(EXERCISE DATA):
· · ·

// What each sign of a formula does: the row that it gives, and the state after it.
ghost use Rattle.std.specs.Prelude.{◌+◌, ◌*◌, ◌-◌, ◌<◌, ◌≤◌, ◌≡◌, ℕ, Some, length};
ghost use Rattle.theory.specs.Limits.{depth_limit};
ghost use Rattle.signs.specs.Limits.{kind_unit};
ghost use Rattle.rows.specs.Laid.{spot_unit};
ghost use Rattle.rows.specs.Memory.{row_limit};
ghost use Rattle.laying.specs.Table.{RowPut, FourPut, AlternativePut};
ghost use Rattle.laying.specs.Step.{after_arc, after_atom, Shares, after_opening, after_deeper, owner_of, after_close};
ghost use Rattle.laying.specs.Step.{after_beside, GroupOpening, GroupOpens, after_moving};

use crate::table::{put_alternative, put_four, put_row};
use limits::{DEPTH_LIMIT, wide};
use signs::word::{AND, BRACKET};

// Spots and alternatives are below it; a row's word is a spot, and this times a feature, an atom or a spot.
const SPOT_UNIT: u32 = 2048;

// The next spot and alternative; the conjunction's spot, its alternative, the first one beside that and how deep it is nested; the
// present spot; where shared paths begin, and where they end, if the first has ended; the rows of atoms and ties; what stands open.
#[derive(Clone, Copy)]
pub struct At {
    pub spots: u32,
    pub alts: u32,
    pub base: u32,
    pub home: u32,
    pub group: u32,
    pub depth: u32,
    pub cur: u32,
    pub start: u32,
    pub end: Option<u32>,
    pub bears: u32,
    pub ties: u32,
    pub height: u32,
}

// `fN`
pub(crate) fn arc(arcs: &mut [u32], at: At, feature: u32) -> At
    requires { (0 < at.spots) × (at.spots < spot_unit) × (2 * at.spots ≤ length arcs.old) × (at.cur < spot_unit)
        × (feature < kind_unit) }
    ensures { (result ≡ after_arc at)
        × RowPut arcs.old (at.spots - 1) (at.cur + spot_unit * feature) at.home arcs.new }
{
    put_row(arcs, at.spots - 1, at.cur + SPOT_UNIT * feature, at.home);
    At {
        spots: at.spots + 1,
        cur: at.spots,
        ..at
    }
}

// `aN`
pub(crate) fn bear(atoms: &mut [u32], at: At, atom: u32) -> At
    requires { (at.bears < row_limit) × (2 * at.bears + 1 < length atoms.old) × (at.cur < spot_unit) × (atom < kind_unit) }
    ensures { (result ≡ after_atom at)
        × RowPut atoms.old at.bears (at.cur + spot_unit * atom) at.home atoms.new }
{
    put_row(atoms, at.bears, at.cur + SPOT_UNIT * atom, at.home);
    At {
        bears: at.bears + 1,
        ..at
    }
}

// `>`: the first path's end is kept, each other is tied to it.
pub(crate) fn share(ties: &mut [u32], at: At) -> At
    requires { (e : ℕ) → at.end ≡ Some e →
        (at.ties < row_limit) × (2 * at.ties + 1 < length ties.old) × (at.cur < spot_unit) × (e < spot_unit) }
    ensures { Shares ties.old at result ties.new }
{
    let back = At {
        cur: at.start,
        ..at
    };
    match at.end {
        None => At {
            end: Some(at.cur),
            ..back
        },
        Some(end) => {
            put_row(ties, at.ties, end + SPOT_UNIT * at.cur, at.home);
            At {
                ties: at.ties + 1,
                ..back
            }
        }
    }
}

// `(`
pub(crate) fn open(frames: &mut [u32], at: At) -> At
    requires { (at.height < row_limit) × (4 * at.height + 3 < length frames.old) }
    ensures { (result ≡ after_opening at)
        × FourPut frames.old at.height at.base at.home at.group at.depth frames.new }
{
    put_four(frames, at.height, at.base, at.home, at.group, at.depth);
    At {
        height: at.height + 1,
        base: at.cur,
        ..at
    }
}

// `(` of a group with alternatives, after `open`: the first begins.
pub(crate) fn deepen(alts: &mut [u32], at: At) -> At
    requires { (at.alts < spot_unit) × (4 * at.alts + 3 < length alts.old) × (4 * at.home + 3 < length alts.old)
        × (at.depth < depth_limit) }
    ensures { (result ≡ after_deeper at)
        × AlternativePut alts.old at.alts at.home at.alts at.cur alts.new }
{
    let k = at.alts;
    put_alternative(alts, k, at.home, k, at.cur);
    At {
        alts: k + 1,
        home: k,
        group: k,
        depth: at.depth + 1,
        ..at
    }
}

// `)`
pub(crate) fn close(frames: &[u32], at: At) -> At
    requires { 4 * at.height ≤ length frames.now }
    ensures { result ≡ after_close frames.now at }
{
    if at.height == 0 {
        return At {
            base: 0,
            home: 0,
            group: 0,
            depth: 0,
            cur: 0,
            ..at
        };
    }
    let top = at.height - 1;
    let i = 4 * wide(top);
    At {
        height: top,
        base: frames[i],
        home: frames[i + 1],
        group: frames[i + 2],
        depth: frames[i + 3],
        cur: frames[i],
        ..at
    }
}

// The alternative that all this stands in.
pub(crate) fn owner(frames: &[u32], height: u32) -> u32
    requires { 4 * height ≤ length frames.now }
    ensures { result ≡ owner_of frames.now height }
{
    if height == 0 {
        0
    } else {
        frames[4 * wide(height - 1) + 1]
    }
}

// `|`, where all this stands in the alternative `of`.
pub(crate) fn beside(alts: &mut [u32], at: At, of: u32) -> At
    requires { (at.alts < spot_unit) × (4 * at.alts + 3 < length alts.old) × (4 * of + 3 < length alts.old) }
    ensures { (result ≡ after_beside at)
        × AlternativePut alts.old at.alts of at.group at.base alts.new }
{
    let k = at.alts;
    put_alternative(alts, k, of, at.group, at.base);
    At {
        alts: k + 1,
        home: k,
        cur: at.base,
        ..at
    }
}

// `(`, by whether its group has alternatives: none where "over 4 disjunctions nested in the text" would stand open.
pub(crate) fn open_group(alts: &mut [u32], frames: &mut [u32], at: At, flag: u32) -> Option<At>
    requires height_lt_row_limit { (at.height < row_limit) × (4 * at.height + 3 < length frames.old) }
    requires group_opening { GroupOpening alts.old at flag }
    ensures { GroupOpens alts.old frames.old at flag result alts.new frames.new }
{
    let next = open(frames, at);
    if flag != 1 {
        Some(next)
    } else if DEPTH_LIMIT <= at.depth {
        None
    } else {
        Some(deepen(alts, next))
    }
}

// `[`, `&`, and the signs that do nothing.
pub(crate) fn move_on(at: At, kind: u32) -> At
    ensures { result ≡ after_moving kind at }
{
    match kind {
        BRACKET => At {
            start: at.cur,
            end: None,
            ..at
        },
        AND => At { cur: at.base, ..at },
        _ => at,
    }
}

· · ·

(TASK STATEMENT):
Check each line of the records above for the word "length" and report how many lines have it, as a number only.

(SOLUTION TO THIS PROBLEM):
10